US digital video advertising continued to boom in 2021, fueled by a surge of interest and inventory in the connected TV (CTV) space, according to research from the Interactive Advertising Bureau (IAB), a leading digital advertising body.
The digital video category is comprised of CTV, desktop and mobile video. CTV reached new heights with 22% growth year-on-year. Of the 350 marketer and agency executives quizzed, average CTV spend sat just shy of $20m, digital desktop was up 3% to $17.56m and mobile up 4% to $17.55m.
Nearly three-quarters (73%) of CTV buyers said they shifted budget from broadcast and cable to CTV in 2021. More than a third (35%) of buyers expect to increase CTV video ad spending in 2021.
Eric John, vice president of IAB Media Center, called it a “bellwether moment in media” and credited the “movement to more audience-based buying approaches” to increased buyer demand for CTV.
Why buy CTV?
Last week The Drum quizzed media buyers about what’s so attractive to them about CTV inventory – and while it is clear there is still a lot of ground to make up on more established formats, the ability to serve the full marketing funnel in a TV environment carries a clear advantage.
The research said 60% of advertisers thought CTV provided ‘a trusted, brand-safe environment’. 46% cited targeting as a key benefit, although marketers must remember the TV is often a shared screen – they’re targeting households, not individuals, most of the time.
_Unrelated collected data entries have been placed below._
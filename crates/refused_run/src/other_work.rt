//! What another LUN does while the bus is free.
ghost use Rattle.std.specs.Prelude.{◌≡◌, IfOk};
ghost use Rattle.refused_run.specs.Course.{HasPlayed, work_items};

use crate::bench::{Bench, Stop};
use crate::cycles::cycle_on;
use onfi_cycle::Kind;
use std::alloc::{AllocError, Allocator};

/// What a verified program of another LUN puts on the bus.
#[derive(Clone, Copy, Debug, PartialEq, Eq)]
pub enum OtherWork {
    /// It begins to erase a block.
    Erase,
    /// It asks for its status, and is busy.
    Poll,
    /// It begins to read a page.
    Read,
}

impl OtherWork {
    /// Each of them.
    pub(crate) const ALL: [OtherWork; 3] = [OtherWork::Erase, OtherWork::Poll, OtherWork::Read];

    /// Its cycles come, for the row with these bytes, up to one that isn't permitted.
    pub(crate) fn perform<A: Allocator>(
        self,
        bench: &mut Bench<A>,
        row: [u8; 3],
    ) -> Result<Option<Stop>, AllocError>
        ensures same { bench.new.geometry ≡ bench.old.geometry }
        ensures value { IfOk result (λ stop. HasPlayed bench.old bench.new (work_items self row) stop) }
    {
        let [first, second, third] = row.map(|byte| cycle_on(Kind::Adr, byte));
        match self {
            OtherWork::Erase => bench.play(&[
                cycle_on(Kind::Cmd, 0x60),
                first,
                second,
                third,
                cycle_on(Kind::Cmd, 0xd0),
            ]),
            OtherWork::Poll => bench.play(&[
                cycle_on(Kind::Cmd, 0x78),
                first,
                second,
                third,
                cycle_on(Kind::Dout, 0x80),
            ]),
            OtherWork::Read => bench.play(&[
                cycle_on(Kind::Cmd, 0x00),
                cycle_on(Kind::Adr, 0x00),
                cycle_on(Kind::Adr, 0x00),
                first,
                second,
                third,
                cycle_on(Kind::Cmd, 0x30),
            ]),
        }
    }
}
With the coming demise of third-party cookies and confusion about the efficacy of any new approaches, marketers are looking to reinstate their consumer vision. More than three-quarters of advertisers claimed ‘robust first-party data’ is important when selecting video partners. That will be the key differentiator in who pulls ahead in the space, which by all accounts is a battleground to become the defacto operating system controlling CTVs.
But what categories will spend?
Buyers are optimistic for health and wellness (+144%), finance (+97%), travel (+92%), telecom (+71%), and media and entertainment (+48%). It’s worth noting that in mobile, health and wellness is projected for +181% and fashion/apparel +81%.
“Viewers have come to expect optimized video experiences. The days of dog-owner households seeing cat food ads are ending, even on the big screen,” said John. Streaming video is now at the “big kids’ table”, he added.